Ilustrasi perayaan Natal Tahun 2022 di Gereja Purbayan, Solo
Foto: Tara Wahyu NP/detikJateng
Perayaan Natal bagi Yovita terasa istimewa. Bukan hanya karena bisa berjumpa dengan sanak saudara. Ia juga bisa mengenang momen masa kecilnya sewaktu masih tinggal di Malang. Saat ibadah Natal di gereja, Yovita kerap kebagian tugas memainkan pentas drama tentang kelahiran Yesus.
“Aku dulu kebagian peran jadi Bunda Maria, ibunya Yesus, sampai dua tahun berturut-turut,” kenang Yovita. Seiring bertambahnya usia dan kesibukan, peran itu digantikan orang lain.

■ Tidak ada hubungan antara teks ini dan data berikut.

//! Sections of a problem read from items.

ghost use Rattle.std.specs.Prelude.{◌≡◌, [], Some, None, IfOk, IfErr, OnOk, map, option_map};
ghost use Rattle.pddl_items.specs.Items.{item_view, items_view};
ghost use Rattle.pddl_items.specs.ItemTrees.{item_tree, item_trees};
ghost use Rattle.pddl_items.specs.Inner.TreeReading.{name_at};
ghost use Rattle.pddl_formula.specs.Formulas.{formula_view};
ghost use Rattle.pddl_formula_reader.specs.Inner.Reading.{condition_at, only};
ghost use Rattle.pddl_sections.specs.Inner.Verdicts.{turn, verdict};
ghost use Rattle.pddl_sections.specs.Inner.Answers.{first_missing};
ghost use Rattle.pddl_file.specs.Inner.WordReading.{nothing_seen};
ghost use Rattle.pddl_file.specs.Inner.FileReading.{StopsAt, RefusesSections};
ghost use Rattle.pddl_problem_reader.specs.ProblemTexts.{required};
ghost use Rattle.pddl_problem_reader.specs.Inner.ProblemReading.{content_at, part_of, part_at, problem_readers};
ghost use Rattle.pddl_problem_reader.specs.Inner.Slots.{slots_view, no_slots, Fills, FillsPart, HoldVerdict, has_slot, Refuses};

use crate::section::Slots;
use pddl_build::{set_found, set_list};
use pddl_file::{FileFault, SectionKeyword, Seen, flags_of, head_keyword_of, keyword_of, refusal};
use pddl_formula::Formula;
use pddl_formula_reader::{condition_of, typed_names_of};
use pddl_init_reader::{inits_of, metric_of};
use pddl_items::{Item, name_of};
use pddl_sections::span_of;
use pddl_token::Name;
use std::alloc::{AllocError, Allocator};

/// The name of the domain that these items are, behind the keyword.
fn domain_of<'a, B: Allocator>(
    alloc: &'a B,
    items: &[Item<'_, &'a B>],
) -> Result<Option<Name<&'a B>>, AllocError>
    ensures { IfOk result (λ name. name ≡ only (map name_at (item_trees items.now))) }
{
    match items {
        [item] => name_of(alloc, item),
        _ => Ok(None),
    }
}

/// The goal that these items are, likewise.
fn goal_of<'a, B: Allocator>(
    alloc: &'a B,
    items: &[Item<'_, &'a B>],
) -> Result<Option<Formula<&'a B>>, AllocError>
    ensures { IfOk result (λ goal. option_map formula_view goal ≡ only (map condition_at (item_trees items.now))) }
{
    match items {
        [item] => condition_of(alloc, item),
        _ => Ok(None),
    }
}

/// Keeps what the items behind this keyword say; true exactly where they are a section.
fn read_content<'a, B: Allocator>(
    alloc: &'a B,
    slots: &mut Slots<&'a B>,
    keyword: SectionKeyword,
    items: &[Item<'_, &'a B>],
) -> Result<bool, AllocError>
    ensures { IfOk result (Fills (content_at (Some keyword) (item_trees items.now)) (slots_view slots.old) (slots_view slots.new)) }
{
    match keyword {
        SectionKeyword::Domain => set_found(&mut slots.domain, domain_of(alloc, items)),
        SectionKeyword::Requirements => set_list(&mut slots.requirements, flags_of(alloc, items)),
        SectionKeyword::Objects => set_found(&mut slots.objects, typed_names_of(alloc, items)),
        SectionKeyword::Init => set_list(&mut slots.init, inits_of(alloc, items)),
        SectionKeyword::Goal => set_found(&mut slots.goal, goal_of(alloc, items)),
        SectionKeyword::Metric => set_found(&mut slots.metric, metric_of(alloc, items)),
        SectionKeyword::Types
        | SectionKeyword::Constants
        | SectionKeyword::Predicates
        | SectionKeyword::Functions
        | SectionKeyword::Action => Ok(false),
    }
}

/// Keeps what the section of a list of these items says; true exactly where they are one.
fn read_list<'a, B: Allocator>(
    alloc: &'a B,
    slots: &mut Slots<&'a B>,
    items: &[Item<'_, &'a B>],
) -> Result<bool, AllocError>
    ensures { IfOk result (Fills (part_of (item_trees items.now)) (slots_view slots.old) (slots_view slots.new)) }
{
    let [head, rest @ ..] = items else {
        return Ok(false);
    };
    let Some(keyword) = head_keyword_of(head) else {
        return Ok(false);
    };
    read_content(alloc, slots, keyword, rest)
}

/// Keeps what the section that an item is says; true exactly where it is one.
fn read_item<'a, B: Allocator>(
    alloc: &'a B,
    slots: &mut Slots<&'a B>,
    item: &Item<'_, &'a B>,
) -> Result<bool, AllocError>
    ensures { IfOk result (Fills (part_at (item_tree item.now)) (slots_view slots.old) (slots_view slots.new)) }
{
    match item {
        Item::List(items, _) => read_list(alloc, slots, items),
        Item::Word(_) => Ok(false),
    }
}

/// Keeps what the section that an item is says behind those of the keywords seen, and answers its keyword.
pub fn read_section<'a, B: Allocator>(
    alloc: &'a B,
    slots: &mut Slots<&'a B>,
    seen: Seen,
    item: &Item<'_, &'a B>,
) -> Result<SectionKeyword, FileFault>
    ensures fits { IfOk result (FillsPart (turn problem_readers seen (item_view item.now)) (slots_view slots.old) (slots_view slots.new)) }
    ensures stops { IfErr result (λ fault. StopsAt fault (turn problem_readers seen (item_view item.now))) }
{
    let Some(keyword) = keyword_of(item) else {
        return Err(refusal(item));
    };
    if seen.has(keyword) {
        let span = span_of(item);
        return Err(FileFault::Twice { keyword, span });
    }
    if !read_item(alloc, slots, item)? {
        return Err(refusal(item));
    }
    Ok(keyword)
}

/// Keeps what the sections that some items are say, none of which repeats another.
fn read_sections<'a, B: Allocator>(
    alloc: &'a B,
    slots: &mut Slots<&'a B>,
    items: &[Item<'_, &'a B>],
) -> Result<(), FileFault>
    ensures hold { OnOk result (slots_view slots.old ≡ no_slots → HoldVerdict (slots_view slots.new) (verdict problem_readers nothing_seen [] (items_view items.now))) }
    ensures refused { IfErr result (λ fault. RefusesSections fault (verdict problem_readers nothing_seen [] (items_view items.now))) }
{
    let mut seen = Seen::nothing();
    for item in items {
        let keyword = read_section(alloc, slots, seen, item)?;
        seen = seen.with(keyword);
    }
    Ok(())
}

/// Keeps what the sections that some items are say, none of which repeats another, and none of which is missing.
fn read_file<'a, B: Allocator>(
    alloc: &'a B,
    slots: &mut Slots<&'a B>,
    items: &[Item<'_, &'a B>],
) -> Result<(), FileFault>
    ensures hold { OnOk result (slots_view slots.old ≡ no_slots → HoldVerdict (slots_view slots.new) (verdict problem_readers nothing_seen [] (items_view items.now))) }
    ensures whole { OnOk result (first_missing (has_slot (slots_view slots.new)) required ≡ None) }
    ensures refused { IfErr result (λ fault. slots_view slots.old ≡ no_slots → Refuses fault (verdict problem_readers nothing_seen [] (items_view items.now))) }
{
    read_sections(alloc, slots, items)?;
    match slots.first_missing() {
        Some(keyword) => Err(FileFault::Missing { keyword }),
        None => Ok(()),
    }
}

/// The sections that some items spell, none of which repeats another, and none of which is missing of the domain, `:init` and
/// the goal.
pub fn sections_of<'a, B: Allocator>(
    alloc: &'a B,
    items: &[Item<'_, &'a B>],
) -> Result<Slots<&'a B>, FileFault>
    ensures hold { IfOk result (λ slots. HoldVerdict (slots_view slots) (verdict problem_readers nothing_seen [] (items_view items.now))) }
    ensures whole { IfOk result (λ slots. first_missing (has_slot (slots_view slots)) required ≡ None) }
    ensures refused { IfErr result (λ fault. Refuses fault (verdict problem_readers nothing_seen [] (items_view items.now))) }
{
    let mut slots = Slots::nothing();
    let read = read_file(alloc, &mut slots, items);
    read.and(Ok(slots))
}
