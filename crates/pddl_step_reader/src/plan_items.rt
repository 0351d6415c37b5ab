//! Steps read from items, behind the steps that a plan has.

ghost use Rattle.std.specs.Prelude.{◌≡◌, ◌<◌, ◌+◌, [], length, IfOk, OnOk, IfErr, Ok, option_map};
ghost use Rattle.pddl_items.specs.Items.{item_view, items_view, span_of};
ghost use Rattle.pddl_plan.specs.Building.{nothing_built, AddsWord, AddsNames};
ghost use Rattle.pddl_plan.specs.Plans.{built_plan, steps_built, timed_built};
ghost use Rattle.pddl_step_reader.specs.Inner.StepNames.{names_of_step, AddsTimed};
ghost use Rattle.pddl_step_reader.specs.Inner.PlanReading.{name_at, names_at, step_of, step_at, moment_at, is_colon, is_bracket, timed_at, no_step, timed_span, plain_fault, timed_fault, plain_from, timed_from, plan_at, plan_from, Refuses};

use crate::fault::ReadFault;
use pddl_items::Item;
use pddl_plan::PlanBuilder;
use pddl_scan::TextFault;
use pddl_token::{Fixed, Span, TokenKind, value_of};
use std::alloc::{AllocError, Allocator};

/// Adds the name that an item is, and answers whether it is one.
fn add_name<'a, B: Allocator>(
    plan: &mut PlanBuilder<&'a B>,
    item: &Item<'_, &'a B>,
) -> Result<bool, AllocError>
    ensures { IfOk result (λ is. AddsWord is (name_at (item_view item.now)) plan.old plan.new) }
{
    match item {
        Item::Word(token) => match token.kind {
            TokenKind::Name => plan.push_word(token.text),
            _ => Ok(false),
        },
        Item::List(_, _) => Ok(false),
    }
}

/// Adds the names that some items are, and answers whether each of them is one.
fn add_names<'a, B: Allocator>(
    plan: &mut PlanBuilder<&'a B>,
    items: &[Item<'_, &'a B>],
) -> Result<bool, AllocError>
    ensures { IfOk result (λ is. AddsNames is (names_at (items_view items.now)) plan.old plan.new) }
{
    for item in items {
        if !add_name(plan, item)? {
            return Ok(false);
        }
    }
    Ok(true)
}

/// Adds the names of the step that some items are, and answers whether they are one.
fn add_step_of<'a, B: Allocator>(
    plan: &mut PlanBuilder<&'a B>,
    items: &[Item<'_, &'a B>],
) -> Result<bool, AllocError>
    ensures { IfOk result (λ is. AddsNames is (option_map names_of_step (step_of (names_at (items_view items.now)))) plan.old plan.new) }
{
    let [_action, ..] = items else {
        return Ok(false);
    };
    add_names(plan, items)
}

/// Adds the names of the step that an item is, and answers whether it is one.
fn add_step<'a, B: Allocator>(
    plan: &mut PlanBuilder<&'a B>,
    item: &Item<'_, &'a B>,
) -> Result<bool, AllocError>
    ensures { IfOk result (λ is. AddsNames is (option_map names_of_step (step_at (item_view item.now))) plan.old plan.new) }
{
    match item {
        Item::List(items, _) => add_step_of(plan, items),
        Item::Word(_) => Ok(false),
    }
}

/// The moment that an item is.
fn moment_at<A: Allocator>(item: &Item<'_, A>) -> Option<Fixed>
    ensures { result ≡ moment_at (item_view item.now) }
{
    match item {
        Item::Word(token) => match token.kind {
            TokenKind::Number => value_of(token.text),
            _ => None,
        },
        Item::List(_, _) => None,
    }
}

fn is_colon<A: Allocator>(item: &Item<'_, A>) -> bool
    ensures { result ≡ is_colon (item_view item.now) }
{
    match item {
        Item::Word(token) => matches!(token.kind, TokenKind::Colon),
        Item::List(_, _) => false,
    }
}

fn is_bracket<A: Allocator>(item: &Item<'_, A>) -> bool
    ensures { result ≡ is_bracket (item_view item.now) }
{
    match item {
        Item::Word(token) => matches!(token.kind, TokenKind::Bracket),
        Item::List(_, _) => false,
    }
}

fn span_of<A: Allocator>(item: &Item<'_, A>) -> Span
    ensures { result ≡ span_of (item_view item.now) }
{
    match item {
        Item::Word(token) => token.span,
        Item::List(_, span) => *span,
    }
}

/// Adds the names of the timed step that stands first among some items, and answers its moment.
#[tactic(auto, using(crate::proofs::PlanSteps::none_timed))]
fn add_timed<'a, B: Allocator>(
    plan: &mut PlanBuilder<&'a B>,
    items: &[Item<'_, &'a B>],
) -> Result<Option<Fixed>, AllocError>
    ensures { IfOk result (λ moment. AddsTimed moment (timed_at (items_view items.now)) plan.old plan.new) }
{
    let [number, colon, item, ..] = items else {
        return Ok(None);
    };
    let Some(moment) = moment_at(number) else {
        return Ok(None);
    };
    if !is_colon(colon) {
        return Ok(None);
    }
    if !add_step(plan, item)? {
        return Ok(None);
    }
    Ok(Some(moment))
}

/// What is wrong where no step stands first: whether steps stand before, and the item.
fn no_step<A: Allocator>(behind: bool, item: &Item<'_, A>) -> ReadFault
    ensures { result ≡ no_step behind (item_view item.now) }
{
    let span = span_of(item);
    if behind && is_bracket(item) {
        ReadFault::Duration { span }
    } else {
        ReadFault::Step {
            span,
            near: span.start,
        }
    }
}

fn timed_span<A: Allocator>(items: &[Item<'_, A>]) -> Span
    ensures { result ≡ timed_span (items_view items.now) }
{
    match items {
        [number, _, item, ..] => Span {
            start: span_of(number).start,
            end: span_of(item).end,
        },
        _ => Span { start: 0, end: 0 },
    }
}

/// What is wrong at some items where no plain step stands first. The plan is given up.
#[tactic(auto, using(crate::proofs::PlanSteps::timed_test))]
fn plain_fault<'a, B: Allocator>(
    plan: &mut PlanBuilder<&'a B>,
    behind: bool,
    items: &[Item<'_, &'a B>],
) -> Result<ReadFault, AllocError>
    ensures { IfOk result (λ fault. fault ≡ plain_fault behind (items_view items.now)) }
{
    let [item, ..] = items else {
        return Ok(ReadFault::Text(TextFault::Memory));
    };
    if add_timed(plan, items)?.is_some() {
        let span = timed_span(items);
        return Ok(ReadFault::Mixed { span });
    }
    Ok(no_step(behind, item))
}

/// What is wrong at some items where no timed step stands first. The plan is given up.
#[tactic(auto, using(crate::proofs::PlanSteps::step_test))]
fn timed_fault<'a, B: Allocator>(
    plan: &mut PlanBuilder<&'a B>,
    behind: bool,
    items: &[Item<'_, &'a B>],
) -> Result<ReadFault, AllocError>
    ensures { IfOk result (λ fault. fault ≡ timed_fault behind (items_view items.now)) }
{
    let [item, ..] = items else {
        return Ok(ReadFault::Text(TextFault::Memory));
    };
    if add_step(plan, item)? {
        let span = span_of(item);
        return Ok(ReadFault::Mixed { span });
    }
    Ok(no_step(behind, item))
}

/// Adds the plain steps that some items are.
fn add_plain_steps<'a, B: Allocator>(
    plan: &mut PlanBuilder<&'a B>,
    items: &[Item<'_, &'a B>],
) -> Result<(), ReadFault>
    requires none { plan.old.names ≡ [] }
    requires plain { plan.old.moments ≡ [] }
    ensures steps { OnOk result (plain_from (steps_built plan.old) (items_view items.now) ≡ Ok (built_plan plan.new)) }
    ensures refused { IfErr result (λ fault. Refuses fault (plain_from (steps_built plan.old) (items_view items.now))) }
{
    for (index, item) in items.iter().enumerate() {
        if !add_step(plan, item)? {
            let behind = plan.len() > 0;
            return Err(plain_fault(plan, behind, items.split_at(index).1)?);
        }
        plan.end_step()?;
    }
    Ok(())
}

/// Adds the timed steps that some items are.
fn add_timed_steps<'a, B: Allocator>(
    plan: &mut PlanBuilder<&'a B>,
    items: &[Item<'_, &'a B>],
) -> Result<(), ReadFault>
    requires none { plan.old.names ≡ [] }
    requires timed { length plan.old.moments ≡ length plan.old.steps }
    requires some { 0 < length plan.old.steps + length items.now }
    ensures steps { OnOk result (timed_from (timed_built plan.old) (items_view items.now) ≡ Ok (built_plan plan.new)) }
    ensures refused { IfErr result (λ fault. Refuses fault (timed_from (timed_built plan.old) (items_view items.now))) }
{
    let mut at = 0;
    while at < items.len() {
        let rest = items.split_at(at).1;
        let Some(moment) = add_timed(plan, rest)? else {
            let behind = plan.len() > 0;
            return Err(timed_fault(plan, behind, rest)?);
        };
        plan.end_step_at(moment)?;
        at += 3;
    }
    Ok(())
}

/// Adds the steps that some items are to a plan without steps.
fn add_first_steps<'a, B: Allocator>(
    plan: &mut PlanBuilder<&'a B>,
    items: &[Item<'_, &'a B>],
) -> Result<(), ReadFault>
    requires { plan.old ≡ nothing_built }
    ensures steps { OnOk result (plan_at (items_view items.now) ≡ Ok (built_plan plan.new)) }
    ensures refused { IfErr result (λ fault. Refuses fault (plan_at (items_view items.now))) }
{
    let [first, ..] = items else {
        return Ok(());
    };
    match first {
        Item::List(_, _) => add_plain_steps(plan, items),
        Item::Word(_) => add_timed_steps(plan, items),
    }
}

/// Adds the steps that some items are behind those that the plan has.
pub fn add_steps<'a, B: Allocator>(
    plan: &mut PlanBuilder<&'a B>,
    items: &[Item<'_, &'a B>],
) -> Result<(), ReadFault>
    requires { plan.old.names ≡ [] }
    ensures steps { OnOk result (plan_from plan.old (items_view items.now) ≡ Ok (built_plan plan.new)) }
    ensures refused { IfErr result (λ fault. Refuses fault (plan_from plan.old (items_view items.now))) }
{
    if plan.len() == 0 {
        add_first_steps(plan, items)
    } else if plan.is_timed() {
        add_timed_steps(plan, items)
    } else {
        add_plain_steps(plan, items)
    }
}
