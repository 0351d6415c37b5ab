//! Problems read in one pass over their text, section by section, so that no more of it is held as items than a section; of `:objects`, which is read group
//! by group, no more than a type, and of `:init`, which is read item by item, nothing.
//!
//! What is answered is right. Where something is wrong, what it is shows only in the whole text, and is not looked for here.

ghost use Rattle.std.specs.Prelude.{◌≡◌, ◌<◌, ◌≤◌, ◌++◌, ◌∷◌, [], Some, None, List, ℕ, map, length, IfOk, IfSome, IsOk, OnOk, codes};
ghost use Rattle.pddl_token.specs.Names.{folded};
ghost use Rattle.pddl_token.specs.Spelling.{PlacedWord};
ghost use Rattle.pddl_scan.specs.Scanning.{LexedTo};
ghost use Rattle.pddl_items.specs.Items.{item_view};
ghost use Rattle.pddl_formula.specs.TypedLists.{TypedValue, typed_view};
ghost use Rattle.pddl_sections.specs.Inner.Verdicts.{turn};
ghost use Rattle.pddl_sections.specs.Inner.Answers.{first_missing};
ghost use Rattle.pddl_file.specs.Inner.Begun.{HasBegun};
ghost use Rattle.pddl_file.specs.Inner.WordReading.{with_seen};
ghost use Rattle.pddl_file.specs.declared.keyword.SectionKeyword.{SectionKeyword};
ghost use Rattle.pddl_problem.specs.Inits.{InitValue, init_view};
ghost use Rattle.pddl_problem_reader.specs.ProblemTexts.{objects, init, required};
ghost use Rattle.pddl_problem_reader.specs.Inner.ProblemReading.{problem_readers};
ghost use Rattle.pddl_problem_reader.specs.Inner.Slots.{slots_view, no_slots, fill, FillsPart, has_slot};
ghost use Rattle.pddl_problem_reader.specs.Inner.OnePass.{IsSectionBehind, ReadsPart, FillsTurn, HoldsFile};

use crate::init_texts::{init_item_behind, sign_behind};
use crate::object_texts::add_typed_names;
use crate::section::Slots;
use crate::section_reader::read_section;
use pddl_build::{set_found, set_list};
use pddl_file::{SectionKeyword, Seen, Stop, begin_file, end_behind, next_section, word_behind};
use pddl_formula::TypedList;
use pddl_items::{Item, is_word};
use pddl_problem::InitItem;
use pddl_scan::LONGEST;
use pddl_text::{NextItem, next_sign};
use pddl_token::{Name, TokenKind};
use std::alloc::{AllocError, Allocator};

/// The place behind a `(` and a keyword, where these stand next behind a place.
fn section_behind(text: &[u8], from: usize, keyword: &[u8]) -> Option<usize>
    requires short { length text.now ≤ LONGEST }
    requires keyword { folded keyword.now ≡ keyword.now }
    ensures section { (words : List PlacedWord) → LexedTo text.now words from → IfSome result (IsSectionBehind keyword.now text.now words) }
    ensures further { IfSome result (λ at. (from < at) × (at ≤ length text.now)) }
{
    let mut at = from;
    word_behind(text, &mut at, TokenKind::Open).ok()?;
    let found = word_behind(text, &mut at, TokenKind::Keyword).ok()?;
    if is_word(found, keyword) {
        Some(at)
    } else {
        None
    }
}

/// Puts an item of `:init` behind those before.
fn add_init<'a, B: Allocator>(
    inits: &mut Vec<InitItem<&'a B>, &'a B>,
    init: InitItem<&'a B>,
) -> Result<(), AllocError>
    ensures { OnOk result (map init_view inits.new.items ≡ map init_view inits.old.items ++ init_view init.entry ∷ []) }
{
    inits.push(init)?;
    Ok(())
}

/// Puts what the items up to the end of `:init` say into an empty list.
fn add_inits<'a, B: Allocator>(
    alloc: &'a B,
    inits: &mut Vec<InitItem<&'a B>, &'a B>,
    text: &[u8],
    at: &mut usize,
) -> Result<(), Stop>
    requires short { length text.now ≤ LONGEST }
    requires empty { inits.old.items ≡ [] }
    ensures inits { (words : List PlacedWord) → LexedTo text.now words at.old → OnOk result (ReadsPart SectionKeyword.Init (init (map init_view inits.new.items)) text.now words at.new) }
    ensures further { OnOk result ((at.old < at.new) × (at.new ≤ length text.now)) }
{
    let mut names = Vec::new(alloc);
    while next_sign(text, at, TokenKind::Open) {
        let init = init_item_behind(alloc, &mut names, text, at)?;
        add_init(inits, init)?;
    }
    sign_behind(text, at, TokenKind::Close)
}

/// Keeps what `:init` says, where that was read.
fn keep_inits<'a, B: Allocator>(
    slots: &mut Slots<&'a B>,
    inits: Vec<InitItem<&'a B>, &'a B>,
    read: Result<(), Stop>,
) -> Result<(), Stop>
    ensures read { OnOk result (IsOk read) }
    ensures kept { OnOk result (slots_view slots.new ≡ fill (slots_view slots.old) (init (map init_view inits.entry.items))) }
{
    read?;
    set_list(&mut slots.init, Ok(Some(inits)))?;
    Ok(())
}

/// Keeps what the section of `:init` says, whose items stand behind a place.
fn read_init<'a, B: Allocator>(
    alloc: &'a B,
    slots: &mut Slots<&'a B>,
    text: &[u8],
    at: &mut usize,
) -> Result<(), Stop>
    requires short { length text.now ≤ LONGEST }
    ensures init { (words : List PlacedWord) → LexedTo text.now words at.old
        → OnOk result ((inits : List InitValue) × ReadsPart SectionKeyword.Init (init inits) text.now words at.new × (slots_view slots.new ≡ fill (slots_view slots.old) (init inits))) }
    ensures further { OnOk result ((at.old < at.new) × (at.new ≤ length text.now)) }
{
    let mut inits = Vec::new(alloc);
    let read = add_inits(alloc, &mut inits, text, at);
    keep_inits(slots, inits, read)
}

/// Keeps the objects, where they were read.
fn keep_objects<'a, B: Allocator>(
    slots: &mut Slots<&'a B>,
    list: TypedList<&'a B>,
    read: Result<(), Stop>,
) -> Result<(), Stop>
    ensures read { OnOk result (IsOk read) }
    ensures kept { OnOk result (slots_view slots.new ≡ fill (slots_view slots.old) (objects (map typed_view list.entry.items))) }
{
    read?;
    set_found(&mut slots.objects, Ok(Some(list)))?;
    Ok(())
}

/// Keeps what the section of `:objects` says, whose items stand behind a place.
fn read_objects<'a, B: Allocator>(
    alloc: &'a B,
    slots: &mut Slots<&'a B>,
    text: &[u8],
    at: &mut usize,
) -> Result<(), Stop>
    requires short { length text.now ≤ LONGEST }
    ensures objects { (words : List PlacedWord) → LexedTo text.now words at.old
        → OnOk result ((xs : List TypedValue) × ReadsPart SectionKeyword.Objects (objects xs) text.now words at.new × (slots_view slots.new ≡ fill (slots_view slots.old) (objects xs))) }
    ensures further { OnOk result ((at.old < at.new) × (at.new ≤ length text.now)) }
{
    let mut found = TypedList::new(alloc);
    let read = add_typed_names(alloc, &mut found, text, at);
    keep_objects(slots, found, read)
}

/// Keeps what a section says that was read behind those seen, and answers which are seen then.
fn keep_section<'a, B: Allocator>(
    alloc: &'a B,
    slots: &mut Slots<&'a B>,
    seen: Seen,
    section: Item<'_, &'a B>,
) -> Result<Option<Seen>, Stop>
    ensures { IfOk result (λ next. (key : SectionKeyword) × FillsPart (turn problem_readers seen (item_view section.entry)) (slots_view slots.old) (slots_view slots.new) key × (next ≡ Some (with_seen seen key))) }
{
    let keyword = read_section(alloc, slots, seen, &section)?;
    Ok(Some(seen.with(keyword)))
}

/// Keeps what the section behind a place says, behind those seen, and answers which are seen then; nothing where the file's `)` comes.
fn read_turn<'a, B: Allocator>(
    alloc: &'a B,
    slots: &mut Slots<&'a B>,
    seen: Seen,
    text: &[u8],
    at: &mut usize,
) -> Result<Option<Seen>, Stop>
    requires short { length text.now ≤ LONGEST }
    ensures turn { (words : List PlacedWord) → LexedTo text.now words at.old
        → IfOk result (FillsTurn text.now words at.new seen (slots_view slots.old) (slots_view slots.new)) }
    ensures further { IfOk result (λ next. IfSome next (λ _. (at.old < at.new) × (at.new ≤ length text.now))) }
{
    match next_section(alloc, text, at)? {
        NextItem::Item(section) => keep_section(alloc, slots, seen, section),
        NextItem::End(Some(_)) => Ok(None),
        NextItem::End(None) => Err(Stop::Wrong),
    }
}

/// The same, where `:objects` is read group by group.
fn read_listed<'a, B: Allocator>(
    alloc: &'a B,
    slots: &mut Slots<&'a B>,
    seen: Seen,
    text: &[u8],
    at: &mut usize,
) -> Result<Option<Seen>, Stop>
    requires short { length text.now ≤ LONGEST }
    ensures turn { (words : List PlacedWord) → LexedTo text.now words at.old
        → IfOk result (FillsTurn text.now words at.new seen (slots_view slots.old) (slots_view slots.new)) }
    ensures further { IfOk result (λ next. IfSome next (λ _. (at.old < at.new) × (at.new ≤ length text.now))) }
{
    match section_behind(text, *at, b":objects") {
        Some(behind) if !seen.objects => {
            *at = behind;
            read_objects(alloc, slots, text, at)?;
            Ok(Some(seen.with(SectionKeyword::Objects)))
        }
        _ => read_turn(alloc, slots, seen, text, at),
    }
}

/// The same, where `:init` is read item by item too.
fn read_next<'a, B: Allocator>(
    alloc: &'a B,
    slots: &mut Slots<&'a B>,
    seen: Seen,
    text: &[u8],
    at: &mut usize,
) -> Result<Option<Seen>, Stop>
    requires short { length text.now ≤ LONGEST }
    ensures turn { (words : List PlacedWord) → LexedTo text.now words at.old
        → IfOk result (FillsTurn text.now words at.new seen (slots_view slots.old) (slots_view slots.new)) }
    ensures further { IfOk result (λ next. IfSome next (λ _. (at.old < at.new) × (at.new ≤ length text.now))) }
{
    match section_behind(text, *at, b":init") {
        Some(behind) if !seen.init => {
            *at = behind;
            read_init(alloc, slots, text, at)?;
            Ok(Some(seen.with(SectionKeyword::Init)))
        }
        _ => read_listed(alloc, slots, seen, text, at),
    }
}

/// Keeps what the sections behind a file's beginning say, of which none is missing, up to the text's end.
fn read_sections<'a, B: Allocator>(
    alloc: &'a B,
    slots: &mut Slots<&'a B>,
    text: &[u8],
    at: &mut usize,
) -> Result<(), Stop>
    requires short { length text.now ≤ LONGEST }
    requires empty { slots_view slots.old ≡ no_slots }
    ensures hold { (name : List ℕ) → HasBegun (codes "problem") name text.now [] at.old → OnOk result (HoldsFile name text.now (slots_view slots.new)) }
    ensures whole { OnOk result (first_missing (has_slot (slots_view slots.new)) required ≡ None) }
{
    let mut seen = Seen::nothing();
    while let Some(next) = read_next(alloc, slots, seen, text, at)? {
        seen = next;
    }
    end_behind(text, *at)?;
    match slots.first_missing() {
        None => Ok(()),
        Some(_) => Err(Stop::Wrong),
    }
}

/// Keeps what the sections of a file say that a text is, and answers its name.
pub fn read_file<'a, B: Allocator>(
    alloc: &'a B,
    slots: &mut Slots<&'a B>,
    text: &[u8],
) -> Result<Name<&'a B>, Stop>
    requires { slots_view slots.old ≡ no_slots }
    ensures hold { IfOk result (λ name. HoldsFile name text.now (slots_view slots.new)) }
    ensures whole { OnOk result (first_missing (has_slot (slots_view slots.new)) required ≡ None) }
{
    if text.len() > LONGEST {
        return Err(Stop::Wrong);
    }
    let mut at = 0;
    let name = begin_file(alloc, b"problem", text, &mut at)?;
    let read = read_sections(alloc, slots, text, &mut at);
    read.and(Ok(name))
}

Keluarga neneknya Yovita juga punya tradisi open house saat hari raya Natal. Open house ini tidak hanya ditujukan untuk anggota keluarga saja, melainkan juga teman dan tetangga di sekitarnya yang tidak beragama Nasrani.
“Eyang aku banyak temannya. Kalau Natal mereka semua diundang ke rumah. Kalau lebaran giliran eyang yang diundang ke rumah mereka,” cerita Yovita. Di hari Natal, Yovita dan keluarganya akan pergi ke gereja. Setelah menyelesaikan segala agenda perayaan di sana. Yovita dan keluarga saling melepas rindu dan bermaaf-maafan. Selanjutnyaa giliran mereka menyantap aneka hidangan yang sudah tersedia di rumah.
“Makanan yang disajiin eyang kayak perayaan pada umumnya. Ada rawon, bakso malang dan rujak cingur yang aku kangenin banget.”